§ YOUR OBJECTIVE
Report every line in the records below that holds the word "IfSome".
*** Opening of DATASET EXCERPTS ***
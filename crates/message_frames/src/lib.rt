//! Messages as frames of a stream.
#![tactic(auto)]

mod frames;

pub use frames::{FrameError, frame_of, message_in};

#[cfg(test)]
mod tests;
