ghost use Rattle.std.specs.Prelude.{◌≡◌, ◌≢◌, ◌+◌, List, [], ◌∷◌, length, None, IfOk, IfErr, IfSome};
ghost use Rattle.table_model.specs.declared.message.Message.{Message};
ghost use Rattle.sim_frame.specs.declared.frame.Frame.{Frame};
ghost use Rattle.sim_frame.specs.Stream.{Left, Reads};
ghost use Rattle.sync_msgs.specs.Spelling.{body_spelling, IsOfKind};
ghost use Rattle.message_frames.specs.Frames.{HasFrame, frame_of, IsFrameOf};
ghost use Rattle.message_frames.specs.declared.frames.FrameError.TheVariants as errors;

use sim_frame::{Frame, FrameFault, Framer, frame_bytes};
use std::alloc::{AllocError, Global};
use sync_msgs::{MessageFault, decode, encode};
use table_model::Message;
use thiserror::Error;

/// Why bytes give no message.
#[derive(Debug, Drop, Clone, Copy, PartialEq, Eq, Error)]
pub enum FrameError {
    /// They aren't the frame of a message, and nothing else.
    #[error("the bytes are no frame of a message")]
    NoMessage,
    /// Memory ran out.
    #[error("out of memory")]
    Memory,
}

/// The frame of a message: four bytes of length, big-endian, the byte of its kind, and its body.
pub fn frame_of(alloc: Global, message: &Message) -> Result<Vec<u8>, AllocError>
    requires { HasFrame message.now }
    ensures { IfOk result (λ made. made.items ≡ frame_of message.now) }
{
    let (kind, body) = encode(alloc, message)?;
    frame_bytes(alloc, kind, body.as_slice())
}

// The message of a frame.
fn message_of(alloc: Global, frame: &Frame) -> Result<Message, FrameError>
    ensures found { IfOk result (λ message. IsOfKind frame.now.kind message
        × (frame.now.body ≡ body_spelling message)) }
    ensures only { (message : Message) → IsOfKind frame.now.kind message → frame.now.body ≡ body_spelling message
        → IfOk result (λ found. found ≡ message) × IfErr result (λ error. error ≡ errors.Memory) }
{
    match decode(alloc, frame.kind, frame.body.as_slice()) {
        Ok(message) => Ok(message),
        Err(MessageFault::BadMessage { .. }) => Err(FrameError::NoMessage),
        Err(MessageFault::Memory) => Err(FrameError::Memory),
    }
}

// The frames that bytes begin with.
fn frames_in(alloc: Global, bytes: &[u8]) -> Result<Vec<Frame>, FrameError>
    ensures found { IfOk result (λ frames. (left : Left) × Reads bytes.now frames.items left) }
    ensures refused { (frames : List Frame) (left : Left) → Reads bytes.now frames left → frames ≢ []
        → IfErr result (λ error. error ≡ errors.Memory) }
{
    match Framer::new(alloc).feed(bytes) {
        Ok(frames) => Ok(frames),
        Err(FrameFault::BadLength { .. }) => Err(FrameError::NoMessage),
        Err(FrameFault::Memory) => Err(FrameError::Memory),
    }
}

// The frame among some, where there is one alone and it has so many bytes.
fn only_frame(frames: &[Frame], len: usize) -> Option<&Frame>
    ensures one { IfSome result (λ frame. (frames.now ≡ frame.now ∷ []) × (length frame.now.body + 5 ≡ len)) }
    ensures none { result ≡ None → (frame : Frame) → frames.now ≡ frame ∷ [] → length frame.body + 5 ≡ len → ⊥ }
{
    match frames {
        [frame] if len.checked_sub(5) == Some(frame.body.len()) => Some(frame),
        _ => None,
    }
}

/// The message whose frame these bytes are, where they are fed to a framer in one piece.
pub fn message_in(alloc: Global, bytes: &[u8]) -> Result<Message, FrameError>
    ensures found { IfOk result (IsFrameOf bytes.now) }
    ensures only { (message : Message) → IsFrameOf bytes.now message
        → IfOk result (λ found. found ≡ message) × IfErr result (λ error. error ≡ errors.Memory) }
{
    match frames_in(alloc, bytes) {
        Err(error) => Err(error),
        Ok(frames) => match only_frame(frames.as_slice(), bytes.len()) {
            None => Err(FrameError::NoMessage),
            Some(frame) => message_of(alloc, frame),
        },
    }
}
*** Close of DATASET EXCERPTS ***
§ TASK RESULT
ghost use Rattle.std.specs.Prelude.{◌≡◌, ◌≢◌, ◌+◌, List, [], ◌∷◌, length, None, IfOk, IfErr, IfSome};
    ensures one { IfSome result (λ frame. (frames.now ≡ frame.now ∷ []) × (length frame.now.body + 5 ≡ len)) }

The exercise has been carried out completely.